Data redaction is the suppression of sensitive data, such as any personally identifiable information (PII) such as credit card number, email address, social security number.
Cloudera has a data redaction feature, which will mask the credit card, email address with random or custom strings(we specify), so that in queries, log files those random strings will be printed in place of PII. It has pre defined “regex” to match and detect the credit card, email addresses.
To enable this feature,
Go to CM – HDFS – Configuration – Search “redaction”
- Check – Enable Log and Query redaction
In the “Log and Query Redaction Policy”, add the default policies available as per the requirement.
For example, to mask the email addresses, choose Email addresses policy and provide the custom/replacement string for email address in the “Replace” field.

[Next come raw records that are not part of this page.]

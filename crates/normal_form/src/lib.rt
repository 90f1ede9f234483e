//! The normal form of a C function: a graph of typed nodes, numbered in order of emission.
//!
//! So far for files of functions `int NAME(void) { return E; }` that return constants: `definitions` answers the
//! functions of such a file, exactly where it is of that form (`specs/ConstantForm`), and `normalise` gives each the graph
//! that `norm` names (`specs/ConstantNorm`). Stands on the trees of `c_tree` and the graphs of `program`.
#![tactic(auto)]

mod constant;
mod expression;
mod form;

pub use constant::{Returning, normalise};
pub use form::definitions;

#[cfg(test)]
mod tests;
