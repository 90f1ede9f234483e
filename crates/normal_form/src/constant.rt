//! Functions that return a constant expression, as functions of `program`.

ghost use Rattle.std.specs.Prelude.{◌≡◌, [], ◌∷◌, IfOk};
ghost use Rattle.normal_form.specs.ConstantNorm.{is_main, norm, return_node, set_node};

use c_types::{CType, IntKind};
use program::{Expr, Function, Instr, LVal, Name, Node, Place};
use sqlite_items::Items;
use std::alloc::{AllocError, Global};

/// A function definition `int NAME(void) { return E; }`.
#[derive(Drop)]
pub struct Returning {
    pub name: Name,
    pub value: Expr,
    /// The place of the word `return`.
    pub place: Place,
}

/// A node that sets the result and goes on at `next`.
fn result_node(alloc: Global, value: Expr, next: u32, place: Place) -> Result<Node, AllocError>
    ensures { IfOk result (λ node. node ≡ set_node value next place) }
{
    Ok(Node {
        instr: Instr::Set(LVal::Var(0), value),
        edges: Items::from_slice(alloc, &[next])?,
        place,
    })
}

/// The function of a definition: the `return` sets the result and goes to the exit; the end of `main` sets it to 0
/// (C11 5.1.2.2.3). `Err` only for want of memory.
pub fn normalise(alloc: Global, definition: Returning) -> Result<Function, AllocError>
    ensures { IfOk result (λ f. f ≡ norm definition) }
{
    let Returning { name, value, place } = definition;
    let is_main = name.as_slice() == b"main".as_slice();
    let exit = if is_main { 2 } else { 1 };
    let mut nodes = Items::new(alloc);
    nodes.push(result_node(alloc, value, exit, place)?)?;
    if is_main {
        let zero = Expr::Const(IntKind::Int, 0);
        nodes.push(result_node(alloc, zero, exit, place)?)?;
    }
    nodes.push(Node {
        instr: Instr::Return,
        edges: Items::new(alloc),
        place,
    })?;
    Ok(Function {
        name,
        params: Items::new(alloc),
        locals: Items::new(alloc),
        inner: Items::new(alloc),
        temps: Items::new(alloc),
        hidden: Items::new(alloc),
        result: CType::Int {
            kind: IntKind::Int,
            volatile: false,
        },
        nodes,
        entry: 0,
        exit,
    })
}
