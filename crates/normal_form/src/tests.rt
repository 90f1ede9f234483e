use crate::{Returning, definitions, normalise};
use c_lex::tokens;
use c_tree::{
    BlockItem, DeclForm, Declarator, Ex, ExForm, Item, Param, Spec, Stmt, StmtForm, Unit,
};
use c_types::IntKind;
use program::{BinOp, Expr, Place, same_expr};
use sqlite_items::{Boxed, Items};
use std::alloc::{AllocError, Global};
use std::test::Fail;

fn one<T: Drop>(alloc: Global, item: T) -> Result<Items<T>, AllocError> {
    let mut items = Items::new(alloc);
    items.push(item)?;
    Ok(items)
}

/// A function by the tokens of its type, its name and its `return`.
fn function(
    alloc: Global,
    at: u32,
    name: u32,
    params: Items<Param>,
    jump: u32,
    value: Ex,
) -> Result<Item, AllocError> {
    let inner = Declarator {
        at: name,
        form: DeclForm::Name,
    };
    let statement = Stmt {
        at: jump,
        form: StmtForm::Return(Some(value)),
    };
    Ok(Item::Function {
        at,
        specs: one(alloc, Spec::Word { at })?,
        declarator: Declarator {
            at: name,
            form: DeclForm::Function {
                inner: Boxed::new(alloc, inner)?,
                params,
                variadic: false,
            },
        },
        body: Stmt {
            at: jump,
            form: StmtForm::Block(one(alloc, BlockItem::Stmt(statement))?),
        },
    })
}

fn int(at: u32) -> Ex {
    Ex {
        at,
        form: ExForm::Int,
    }
}

/// `int f(void){return 3;}` from the token 0 on.
fn first(alloc: Global) -> Result<Item, AllocError> {
    let void = Param {
        at: 3,
        specs: one(alloc, Spec::Word { at: 3 })?,
        declarator: Declarator {
            at: 4,
            form: DeclForm::Abstract,
        },
    };
    function(alloc, 0, 1, one(alloc, void)?, 6, int(7))
}

/// `int g(){return 6/4*2;}` from the token 10 on.
fn second(alloc: Global) -> Result<Item, AllocError> {
    let four = Boxed::new(alloc, int(18))?;
    let quotient = Ex {
        at: 16,
        form: ExForm::Binary(17, Boxed::new(alloc, int(16))?, four),
    };
    let two = Boxed::new(alloc, int(20))?;
    let product = Ex {
        at: 16,
        form: ExForm::Binary(19, Boxed::new(alloc, quotient)?, two),
    };
    function(alloc, 10, 11, Items::new(alloc), 15, product)
}

fn different(alloc: Global) -> Result<Unit, AllocError> {
    let mut items = one(alloc, first(alloc)?)?;
    items.push(second(alloc)?)?;
    Ok(Unit { items })
}

fn twice(alloc: Global) -> Result<Unit, AllocError> {
    let mut items = one(alloc, first(alloc)?)?;
    items.push(first(alloc)?)?;
    Ok(Unit { items })
}

/// The definitions of a tree over the tokens of `int f(void){return 3;}` and `int g(){return 6/4*2;}`.
fn found(alloc: Global, tree: &Unit) -> Result<Option<Items<Returning>>, AllocError> {
    let file = b"int f(void){return 3;}\nint g(){return 6/4*2;}".as_slice();
    match tokens(alloc, file) {
        Ok(tokens) => definitions(alloc, file, tokens.as_slice(), tree),
        Err(_) => Ok(None),
    }
}

/// `6/4*2`
fn product(alloc: Global) -> Result<Expr, AllocError> {
    let six = Boxed::new(alloc, Expr::Const(IntKind::Int, 6))?;
    let four = Boxed::new(alloc, Expr::Const(IntKind::Int, 4))?;
    let quotient = Boxed::new(alloc, Expr::Binary(BinOp::Div, six, four))?;
    let two = Boxed::new(alloc, Expr::Const(IntKind::Int, 2))?;
    Ok(Expr::Binary(BinOp::Mul, quotient, two))
}

fn are_both(found: &[Returning], product: &Expr) -> bool {
    let [f, g] = found else {
        return false;
    };
    f.name.as_slice() == b"f".as_slice()
        && f.place.line == 1
        && same_expr(&f.value, &Expr::Const(IntKind::Int, 3))
        && g.name.as_slice() == b"g".as_slice()
        && g.place.line == 2
        && same_expr(&g.value, product)
}

#[test]
fn two_definitions(rt: HostRuntime) -> Result<(), Fail> {
    let tree = different(rt.alloc())?;
    let product = product(rt.alloc())?;
    match found(rt.alloc(), &tree)? {
        Some(found) => assert!(rt; are_both(found.as_slice(), &product)),
        None => assert!(rt; false),
    }
    Ok(())
}

#[test]
fn one_name_twice(rt: HostRuntime) -> Result<(), Fail> {
    let tree = twice(rt.alloc())?;
    assert!(rt; found(rt.alloc(), &tree)?.is_none());
    Ok(())
}

#[test]
fn graphs(rt: HostRuntime) -> Result<(), Fail> {
    let alloc = rt.alloc();
    for (name, nodes) in [(b"f".as_slice(), 2), (b"main".as_slice(), 3)] {
        let f = normalise(
            alloc,
            Returning {
                name: Items::from_slice(alloc, name)?,
                value: Expr::Const(IntKind::Int, 3),
                place: Place {
                    name_at: 0,
                    name_len: 0,
                    line: 1,
                },
            },
        )?;
        assert_eq!(rt; f.nodes.len(), nodes);
    }
    Ok(())
}
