//! Which files are lists of functions `int NAME(void) { return E; }` that return constants.

ghost use Rattle.std.specs.Prelude.{◌≡◌, IfOk, IfSome, All};
ghost use Rattle.c_lex.specs.Source.{text_in};
ghost use Rattle.std.specs.List.{list_any};
ghost use Rattle.std.specs.Option.{option_copied};
ghost use Rattle.std.specs.Str.{bytes_eq};
ghost use Rattle.normal_form.specs.ConstantForm as spec;

use crate::constant::Returning;
use crate::expression::{constant_of, is_numbered, text_in};
use c_lex::Token;
use c_tree::{BlockItem, DeclForm, Declarator, Ex, Item, Param, Spec, Stmt, StmtForm, Unit};
use program::Place;
use sqlite_items::Items;
use std::alloc::{AllocError, Global};

/// The token of the only specifier, where it is one word.
fn one_word(specs: &[Spec]) -> Option<u32>
    ensures { result ≡ spec.one_word specs.now }
{
    match specs {
        [Spec::Word { at }] => Some(*at),
        _ => None,
    }
}

/// Whether the only specifier is this word.
fn is_word(file: &[u8], tokens: &[Token], specs: &[Spec], word: &[u8]) -> bool
    ensures { result ≡ spec.is_word (text_in file.now tokens.now) word.now specs.now }
{
    match one_word(specs) {
        Some(at) => text_in(file, tokens, at) == word,
        None => false,
    }
}

/// Whether a list of parameters is `(void)` or `()`.
fn no_parameters(file: &[u8], tokens: &[Token], params: &[Param]) -> bool
    ensures { result ≡ spec.no_parameters (text_in file.now tokens.now) params.now }
{
    match params {
        [] => true,
        [param] => match param.declarator.form {
            DeclForm::Abstract => is_word(file, tokens, param.specs.as_slice(), b"void"),
            _ => false,
        },
        _ => false,
    }
}

/// The token of the name in `NAME(void)`.
fn name_of(file: &[u8], tokens: &[Token], declarator: &Declarator) -> Option<u32>
    ensures { result ≡ spec.name_of (text_in file.now tokens.now) declarator.now.form }
{
    let DeclForm::Function {
        inner,
        params,
        variadic: false,
    } = &declarator.form
    else {
        return None;
    };
    let name = inner.get();
    match name.form {
        DeclForm::Name if no_parameters(file, tokens, params.as_slice()) => Some(name.at),
        _ => None,
    }
}

/// The only statement of a block.
fn only_statement(body: &Stmt) -> Option<&Stmt>
    ensures { option_copied result ≡ spec.only_statement body.now }
{
    let StmtForm::Block(items) = &body.form else {
        return None;
    };
    match items.as_slice() {
        [BlockItem::Stmt(statement)] => Some(statement),
        _ => None,
    }
}

/// The expression that a `return` returns.
fn returned(statement: &Stmt) -> Option<&Ex>
    ensures { option_copied result ≡ spec.returned statement.now }
{
    match &statement.form {
        StmtForm::Return(Some(value)) => Some(value),
        _ => None,
    }
}

/// The place of a token's line.
fn place_of(tokens: &[Token], i: u32) -> Place
    ensures { result ≡ spec.place_of tokens.now i }
{
    match tokens.get(i as usize) {
        Some(token) => Place {
            name_at: token.place.name_at,
            name_len: token.place.name_len,
            line: token.place.line,
        },
        None => Place {
            name_at: 0,
            name_len: 0,
            line: 0,
        },
    }
}

/// The definition of this name whose body is one statement.
fn returning(
    alloc: Global,
    file: &[u8],
    tokens: &[Token],
    name: u32,
    statement: &Stmt,
) -> Result<Option<Returning>, AllocError>
    ensures equal { IfOk result (λ d. d ≡ spec.returning file.now tokens.now name statement.now) }
    ensures lawful { IfOk result (λ d. IfSome d spec.IsReturning) }
{
    let Some(value) = returned(statement) else {
        return Ok(None);
    };
    let Some(value) = constant_of(alloc, file, tokens, value)? else {
        return Ok(None);
    };
    // Numbers are u32. No file that the front end takes is long enough to need more.
    if !is_numbered(&value) {
        return Err(AllocError);
    }
    Ok(Some(Returning {
        name: Items::from_slice(alloc, text_in(file, tokens, name))?,
        value,
        place: place_of(tokens, statement.at),
    }))
}

/// The definition that an item is, where it is `int NAME(void) { return E; }`.
fn definition_of(
    alloc: Global,
    file: &[u8],
    tokens: &[Token],
    item: &Item,
) -> Result<Option<Returning>, AllocError>
    ensures equal { IfOk result (λ d. d ≡ spec.definition_of file.now tokens.now item.now) }
    ensures lawful { IfOk result (λ d. IfSome d spec.IsReturning) }
{
    let Item::Function {
        specs,
        declarator,
        body,
        ..
    } = item
    else {
        return Ok(None);
    };
    if !is_word(file, tokens, specs.as_slice(), b"int") {
        return Ok(None);
    }
    let Some(name) = name_of(file, tokens, declarator) else {
        return Ok(None);
    };
    match only_statement(body) {
        Some(statement) => returning(alloc, file, tokens, name, statement),
        None => Ok(None),
    }
}

/// The definitions that the items are, where each is one.
fn all_definitions(
    alloc: Global,
    file: &[u8],
    tokens: &[Token],
    items: &[Item],
) -> Result<Option<Items<Returning>>, AllocError>
    ensures equal { IfOk result (λ ds. ds ≡ spec.all_definitions file.now tokens.now items.now) }
    ensures lawful { IfOk result (λ ds. IfSome ds (λ l. All spec.IsReturning l)) }
{
    let mut found = Items::new(alloc);
    for item in items {
        match definition_of(alloc, file, tokens, item)? {
            Some(definition) => found.push(definition)?,
            None => return Ok(None),
        }
    }
    Ok(Some(found))
}

/// Whether a definition has this name.
fn is_name_of_any(name: &[u8], definitions: &[Returning]) -> bool
    ensures { result ≡ list_any (λ d. bytes_eq name.now d.name) definitions.now }
{
    for definition in definitions {
        if name == definition.name.as_slice() {
            return true;
        }
    }
    false
}

/// Whether no two definitions have one name.
fn names_differ(definitions: &[Returning]) -> bool
    ensures { result ≡ spec.names_differ definitions.now }
{
    for (i, definition) in definitions.iter().enumerate() {
        if is_name_of_any(definition.name.as_slice(), &definitions[i + 1..]) {
            return false;
        }
    }
    true
}

/// The definitions of a file of functions `int NAME(void) { return E; }`, in the order of the text; `None` where the file
/// isn't of this form. `Err` only for want of memory.
pub fn definitions(
    alloc: Global,
    file: &[u8],
    tokens: &[Token],
    tree: &Unit,
) -> Result<Option<Items<Returning>>, AllocError>
    ensures equal { IfOk result (λ ds. ds ≡ spec.definitions file.now tokens.now tree.now) }
    ensures lawful { IfOk result (λ ds. IfSome ds (λ l. All spec.IsReturning l)) }
{
    match all_definitions(alloc, file, tokens, tree.items.as_slice())? {
        Some(found) if names_differ(found.as_slice()) => Ok(Some(found)),
        _ => Ok(None),
    }
}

Now in the “Test Redaction Rules” field, you can enter an email address and select “test Redaction”, you’ll get an ouput as per the replacement string you’ve given.
If in case you want to mask the email address only when it begins or ends with particular words/format, then you can use the trigger field.
In the above picture, we’ve given the trigger as “my id is” for the email addresses redaction. i.e the email addresses in the logs,queries will be masked only if it begins with the string “my id is”.
As you can see, we tested the redaction rule by providing input as “email id is email@example.com” and the output is unmasked. This is because the string didn’t match the trigger given.
Now, we changed the trigger as “email id is” and as you can see the redaction policy masks the email id successfully as the given input matches the trigger.
To add a custom policy rule, you’ve to provide your own regular expression to match the intended string/values.
Add – Custom rule and provide regex, replace values.